AIM OF THE TASK: Please copy out every line in the entries that includes the word "with".

Collected data
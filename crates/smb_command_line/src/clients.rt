//! The words of who may connect.

use super::options::{Needed, OptionRow, Takes};

/// Which clients may come.
pub(crate) const HOSTS: OptionRow = OptionRow {
    name: "hosts",
    takes: Takes::Text("LIST"),
    needed: Needed::Never,
    bars: &[],
    help: "Which clients may connect: IP addresses and networks, such as 192.168.1.0/24,10.1.2.3,fd00::/8 [default: all]",
};

/// How many of them from one address.
pub(crate) const PER_ADDRESS: OptionRow = OptionRow {
    name: "per-address",
    takes: Takes::NumberUpTo("N", 4_096),
    needed: Needed::Never,
    bars: &[],
    help: "How many clients of one address, of IPv6 of one /64, may be connected, 4096 at most [default: as many as of all]",
};
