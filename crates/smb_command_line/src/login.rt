//! How clients log in, and which options go with that and with one another.

use clap::ArgMatches;
use hex::FromHex;
use smb_config::{SigningMode, signing_mode};

/// How clients log in.
#[derive(Clone, Copy)]
pub enum Login {
    /// By one token, as the configuration's users have them.
    Token,
    /// By NTLM, a login of two messages.
    Ntlm(NtlmWords),
}

/// What the words of a command say of logins by NTLM.
#[derive(Clone, Copy)]
pub struct NtlmWords {
    /// The seed of the challenges; None for one of the system's.
    pub seed: Option<[u8; 16]>,
    /// How accounts' sessions are signed; None where the configuration says it.
    pub signing: Option<SigningMode>,
}

/// The seed that the words give.
fn seed_of(words: &ArgMatches<'_>) -> Result<Option<[u8; 16]>, &'static str> {
    let Some(digits) = words.get_str("seed") else {
        return Ok(None);
    };
    match <[u8; 16] as FromHex>::from_hex(digits) {
        Ok(seed) => Ok(Some(seed)),
        Err(_) => Err("the value of --seed is not 32 hex digits"),
    }
}

/// How accounts' sessions are signed, where the words say it.
fn signing_of(words: &ArgMatches<'_>) -> Option<SigningMode> {
    words.get_str("signing").and_then(signing_mode)
}

impl Login {
    /// How the words of a command say that clients log in; where words do not go together, what is wrong with them.
    fn of(words: &ArgMatches<'_>) -> Result<Login, &'static str> {
        let seed = seed_of(words)?;
        let signing = signing_of(words);
        let has_accounts = words.get_str("accounts").is_some();
        let is_signed = matches!(signing, Some(SigningMode::Offered | SigningMode::Required));
        if is_signed && !has_accounts {
            return Err(
                "--signing offered and required are only taken with --login ntlm and --accounts",
            );
        }
        if words.get_str("login") == Some("ntlm") {
            return Ok(Login::Ntlm(NtlmWords { seed, signing }));
        }
        if seed.is_some() || has_accounts {
            return Err("--accounts and --seed are only taken with --login ntlm");
        }
        Ok(Login::Token)
    }
}

/// How clients log in to the share of a command, if it has one; where its words do not go together, what is wrong with them.
pub fn login_of(command: Option<(&str, &ArgMatches<'_>)>) -> Result<Login, &'static str> {
    match command {
        Some(("serve", words))
            if words.get_flag("sync")
                && words.get_str("journal").is_none()
                && words.get_str("record").is_none() => {
            Err("--sync is only taken with --journal or --record")
        }
        Some(("serve", words))
            if words.get_str("status").is_none()
                && (words.get_flag("status-anywhere") || words.get_flag("status-names")) => {
            Err("--status-anywhere and --status-names are only taken with --status")
        }
        Some(("serve", words)) if words.get_flag("log-must") && words.get_str("log").is_none() => {
            Err("--log-level and --log-must are only taken with --log")
        }
        Some(("serve" | "replay", words))
            if words.get_str("log-level").is_some() && words.get_str("log").is_none() => {
            Err("--log-level and --log-must are only taken with --log")
        }
        Some(("serve" | "check" | "replay", words)) => Login::of(words),
        _ => Ok(Login::Token),
    }
}
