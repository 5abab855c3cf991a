//! The files that a journal keeps are read from its bytes.
//!
//! [`recover`] reads a [`Source`] once, from its first byte to its last, and holds one batch of it at a time. It gives
//! the files that its whole batches make, how many bytes these are, and the number and the seed of the batch that is to
//! come behind them. What lies behind the whole batches must be what a lost end leaves of one (`is_cut` of
//! `smb_changes`); all else is damage, and [`RecoveryFault::Damaged`] says where it is.
#![tactic(auto)]

mod batch;
mod fault;
mod reading;
mod rest;
mod source;

pub use fault::RecoveryFault;
pub use reading::{Recovered, recover};
pub use source::{MemorySource, Source};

RESULT BELOW:
//! How clients log in, and which options go with that and with one another.
    /// How the words of a command say that clients log in; where words do not go together, what is wrong with them.
                "--signing offered and required are only taken with --login ntlm and --accounts",
            return Err("--accounts and --seed are only taken with --login ntlm");
/// How clients log in to the share of a command, if it has one; where its words do not go together, what is wrong with them.
            Err("--sync is only taken with --journal or --record")
            Err("--status-anywhere and --status-names are only taken with --status")
            Err("--log-level and --log-must are only taken with --log")
            Err("--log-level and --log-must are only taken with --log")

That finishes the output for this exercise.